In the entries below, find the line with "row_call::write(room, list);" and print exactly every line from there up to and including the line with "let n = fill(room, list);", with no other lines.

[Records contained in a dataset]
= = = =
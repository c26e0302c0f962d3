// Lists the panels of two rooms that are in the first only, in the second only and in both: the call.
#![tactic(auto)]

ghost use Rattle.std.specs.Prelude.{◌≡◌, ◌*◌, ◌/◌, ◌≤◌, nat_abs, length, take};
ghost use Rattle.answer.specs.Limits.{most_steps};
ghost use Rattle.overlay.specs.Call.{of_parts, OverlayCall};
ghost use Rattle.overlay_call.specs.Lists.{AllFit, ListsSpans};

use answer::{Limits, Refusal};
use columns::Columns;
use grid::Corner;
use overlay::Measures;
use overlay_parts::put_parts;
use room_judge::judge;
use row_buckets::vertical;
use row_call::Room;

// How many numbers the spans of a room have at most, if it has 256 steps, 2,048, or as many as a room can have.
const NARROW: usize = 3 * (Columns::NARROW / 2);

const WIDER: usize = 3 * (Columns::WIDER / 2);

const WIDEST: usize = 3 * (Limits::MOST_STEPS / 2);

// The same number in 16 bits.
fn short(x: i32) -> i16
    requires { nat_abs x ≤ 32767 }
    ensures { result ≡ x }
{
    x as i16
}

// Copies numbers into 16 bits.
fn narrow(list: &[i32], out: &mut [i16])
    requires { AllFit list.now × (length list.now ≤ length out.old) }
    ensures { take (length list.now) out.new ≡ list.now }
{
    for k in 0..list.len() {
        out[k] = short(list[k]);
    }
}

// Writes the spans of a room, and answers how many numbers they have.
fn fill(room: &Room<'_>, list: &mut [i32]) -> usize
    requires { 3 * (length room.now.chain.now / 2) ≤ length list.old }
    ensures { ListsSpans room.now.start room.now.chain.now list.new result }
{
    let n = 3 * (vertical(room.chain) / 2);
    row_call::write(room, list);
    n
}

// The same in 16 bits, by way of the other list.
fn fill_short(room: &Room<'_>, out: &mut [i16], list: &mut [i32]) -> usize
    requires { (3 * (length room.now.chain.now / 2) ≤ length out.old) × (3 * (length room.now.chain.now / 2) ≤ length list.old) }
    ensures { ListsSpans room.now.start room.now.chain.now out.new result }
{
    let n = fill(room, list);
    narrow(&list[..n], out);
    n
}

// Lists the parts of two rooms. The working store is lent.
fn list_in(
    a: &mut [i16],
    b: &mut [i32],
    one: &Room<'_>,
    other: &Room<'_>,
    first: &mut [i32],
    second: &mut [i32],
    both: &mut [i32],
) -> Result<Measures, Refusal>
    requires { (3 * (length one.now.chain.now / 2) ≤ length a.old) × (3 * (length one.now.chain.now / 2) ≤ length b.old)
        × (3 * (length other.now.chain.now / 2) ≤ length b.old) }
    ensures { OverlayCall one.now.start one.now.chain.now other.now.start other.now.chain.now
        (of_parts first.old second.old both.old) result
        (of_parts first.new second.new both.new) }
{
    let na = fill_short(one, a, b);
    let nb = fill(other, b);
    put_parts(&a[..na], &b[..nb], first, second, both)
}

// Lists the parts of two rooms whose spans have at most N numbers each.
fn list_sized<const N: usize>(
    one: &Room<'_>,
    other: &Room<'_>,
    first: &mut [i32],
    second: &mut [i32],
    both: &mut [i32],
) -> Result<Measures, Refusal>
    requires { (3 * (length one.now.chain.now / 2) ≤ N)
        × (3 * (length other.now.chain.now / 2) ≤ N) × (N ≤ 3 * most_steps) }
    ensures { OverlayCall one.now.start one.now.chain.now other.now.start other.now.chain.now
        (of_parts first.old second.old both.old) result
        (of_parts first.new second.new both.new) }
{
    let mut a = [0i16; N];
    let mut b = [0i32; N];
    list_in(&mut a, &mut b, one, other, first, second, both)
}

// Lists the parts of two rooms in a store that is not much larger than it needs: to clear it takes time.
fn list_rooms(
    one: &Room<'_>,
    other: &Room<'_>,
    first: &mut [i32],
    second: &mut [i32],
    both: &mut [i32],
) -> Result<Measures, Refusal>
    ensures { OverlayCall one.now.start one.now.chain.now other.now.start other.now.chain.now
        (of_parts first.old second.old both.old) result
        (of_parts first.new second.new both.new) }
{
    let longer = one.chain.len().max(other.chain.len());
    if longer <= Columns::NARROW {
        return list_sized::<NARROW>(one, other, first, second, both);
    }
    if longer <= Columns::WIDER {
        return list_sized::<WIDER>(one, other, first, second, both);
    }
    list_sized::<WIDEST>(one, other, first, second, both)
}

// Writes the spans of the panels that are in the first room only, in the second only and in both, each list into its buffer, and
// answers how many panels and spans each has.
pub fn list(
    s: Corner,
    ds: &[u8],
    t: Corner,
    es: &[u8],
    first: &mut [i32],
    second: &mut [i32],
    both: &mut [i32],
) -> Result<Measures, Refusal>
    ensures { OverlayCall s ds.now t es.now
        (of_parts first.old second.old both.old) result
        (of_parts first.new second.new both.new) }
{
    judge(s, ds)?;
    judge(t, es)?;
    let one = Room {
        start: s,
        chain: ds,
    };
    let other = Room {
        start: t,
        chain: es,
    };
    list_rooms(&one, &other, first, second, both)
}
= = = =
#### Answer to the problem:
    row_call::write(room, list);
    n
}

// The same in 16 bits, by way of the other list.
fn fill_short(room: &Room<'_>, out: &mut [i16], list: &mut [i32]) -> usize
    requires { (3 * (length room.now.chain.now / 2) ≤ length out.old) × (3 * (length room.now.chain.now / 2) ≤ length list.old) }
    ensures { ListsSpans room.now.start room.now.chain.now out.new result }
{
    let n = fill(room, list);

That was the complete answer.